Quote from: Admiral Yi on September 17, 2013, 08:20:18 PM
Quote from: stjaba on September 17, 2013, 08:10:37 PM
The risk is still with JIB customers, however now the risk is being heavily borne by the customer who is assaulted as opposed to all JIB customers equally.

And that's one of the debated points: whether damages awarded equal or exceed the risk born by the customers.

At least earlier the debate was framed as whether JIB or the customer should bear the risk.

alfred russel

Quote from: stjaba on September 17, 2013, 08:34:55 PM

This sounds like the market is working as expected. If it is riskier for a business to be open at night, then rational businesses should be closed, unless they are willing to protect their customers via extra security or insurance to cover the risk of attack.

That is great. I would ask who covers the rest of my night, but then I realized the line is so long it all gets spent at McDonalds. $3 for a McFlurry, and insurance coverage against random beatings. What a bargain.
They who can give up essential liberty to obtain a little temporary safety, deserve neither liberty nor safety.

There's a fine line between salvation and drinking poison in the jungle.

I'm embarrassed. I've been making the mistake of associating with you. It won't happen again. :)
-garbon, February 23, 2014

The Minsky Moment

Quote from: Admiral Yi on September 17, 2013, 05:12:35 PM
Quote from: The Minsky Moment on September 17, 2013, 05:10:00 PM
You haven't answered the question though.  If you change the rule to several liability, how is that just for the innocent person who only gets 40% of their money back, simply because Bad Guy #1 had two accomplices with no dinero?

I see your point.

Are you maintaining that in every case involving joint and several liability the parties are accomplices?
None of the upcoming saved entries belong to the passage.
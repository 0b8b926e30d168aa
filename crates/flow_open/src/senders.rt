//! Values go from senders into the entries of a network.
ghost use Rattle.std.specs.Prelude.{◌≡◌, true, [], map};
ghost use Rattle.flow_input.specs.Sends.{sends_of};
ghost use Rattle.flow_board.specs.Parts.{AllEntriesOf, entry_board, entry_number, entry_state};
ghost use Rattle.flow_open.specs.Senders.{is_sending};
ghost use Rattle.flow_open.specs.Sends.{EachSends, Sends};

use crate::calm::{Calm, give_way};
use crate::sender::{Sender, SenderState};
use flow_board::{Board, Entry};
use flow_link::Ending;
use flow_poll::Sent;
use flow_value::{Runs, Value};
use std::alloc::Global;
use std::sync::Wait;
use std::time::Clock;

/// All senders go on at their entries, in order, until the run is over.
pub(crate) fn send_all<W: Runs, S: Iterator<Item = Value>, R: Wait + Clock>(
    rt: &R,
    alloc: Global,
    board: &Board<W>,
    entries: &mut Vec<Entry<W>>,
    senders: &mut Vec<Sender<S>>,
    calm: &Calm,
)
    requires of { AllEntriesOf board.now entries.old.items }
    requires can { (state : S) → S.can_next state }
    ensures of { AllEntriesOf board.now entries.new.items }
    ensures numbers { map entry_number entries.new.items ≡ map entry_number entries.old.items }
    ensures sends { EachSends S.next_gives entries.old.items senders.old.items entries.new.items senders.new.items }
{
    let mut tries = 0;
    for _ in rt.forever() {
        if calm.is_over() {
            break;
        }
        let news = calm.news();
        if send_round(alloc, board, entries, senders) {
            calm.moved();
            tries = 0;
        } else {
            calm.senders_rest(news);
            give_way(rt, tries);
            tries = tries.saturating_add(1);
        }
    }
}

/// Each sender goes on by one call. False where none had anything to do.
fn send_round<W: Runs, S: Iterator<Item = Value>>(
    alloc: Global,
    board: &Board<W>,
    entries: &mut Vec<Entry<W>>,
    senders: &mut Vec<Sender<S>>,
) -> bool
    requires of { AllEntriesOf board.now entries.old.items }
    requires can { (state : S) → S.can_next state }
    ensures of { AllEntriesOf board.now entries.new.items }
    ensures numbers { map entry_number entries.new.items ≡ map entry_number entries.old.items }
    ensures sends { EachSends S.next_gives entries.old.items senders.old.items entries.new.items senders.new.items }
{
    let mut moved = false;
    for place in 0..entries.len().min(senders.len()) {
        if go_on(alloc, board, &mut entries[place], &mut senders[place]) {
            moved = true;
        }
    }
    moved
}

/// A sender goes on by one call of its entry. False where nothing is to do for now.
fn go_on<W: Runs, S: Iterator<Item = Value>>(
    alloc: Global,
    board: &Board<W>,
    entry: &mut Entry<W>,
    sender: &mut Sender<S>,
) -> bool
    requires of { entry_board entry.old ≡ board.now }
    requires can { (state : S) → S.can_next state }
    ensures of { entry_board entry.new ≡ entry_board entry.old }
    ensures number { entry_number entry.new ≡ entry_number entry.old }
    ensures sends { Sends S.next_gives (entry_state entry.old) sender.old (entry_state entry.new) sender.new }
{
    if !sender.is_sending() {
        return false;
    }
    match entry.look(board) {
        Sent::Accepted => true,
        Sent::Waiting => false,
        Sent::Declined(value) => {
            sender.state = SenderState::Refused(value);
            true
        }
        Sent::Permanently(value) => {
            sender.state = SenderState::Refused(value);
            true
        }
        Sent::Idle => {
            send_next(alloc, board, entry, sender);
            true
        }
    }
}

/// Sends the next value; where there is none, none comes any more.
fn send_next<W: Runs, S: Iterator<Item = Value>>(
    alloc: Global,
    board: &Board<W>,
    entry: &mut Entry<W>,
    sender: &mut Sender<S>,
)
    requires of { entry_board entry.old ≡ board.now }
    requires can { (state : S) → S.can_next state }
    requires idle { (sends_of (entry_state entry.old)).begun ≡ [] }
    requires sending { is_sending sender.old.state ≡ true }
    ensures of { entry_board entry.new ≡ entry_board entry.old }
    ensures number { entry_number entry.new ≡ entry_number entry.old }
    ensures sends { Sends S.next_gives (entry_state entry.old) sender.old (entry_state entry.new) sender.new }
{
    match sender.values.next() {
        Some(value) => match entry.begin_send(alloc, board, value) {
            Ok(()) => {}
            Err((value, fault)) => sender.state = SenderState::NotBegun(value, fault),
        },
        None => match entry.finish(board, Ending::Complete) {
            Ok(()) => sender.state = SenderState::Through,
            // nothing is begun
            Err(_) => unreachable!(),
        },
    }
}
although  - you and AR both assume my example involves collusion, it doesn't necessarily.

The broader point is that if some defendants are judgment proof (missing or without assets) then someone is going to be screwed.  It could be the plaintiff or it could be the other defendants.

What the common law did traditionally was say that if someone should be screwed it should be a party responsible for the wrong, and not the victims of it.  Thus joint and several liability

But what if the only solvent defendant was only slightly at fault?
Then you get something like the Missouri scheme where it is only proportional liability unless a certain threshold of fault is hit (50% in Missouri).  That is a pretty common scheme that lots of states follow now.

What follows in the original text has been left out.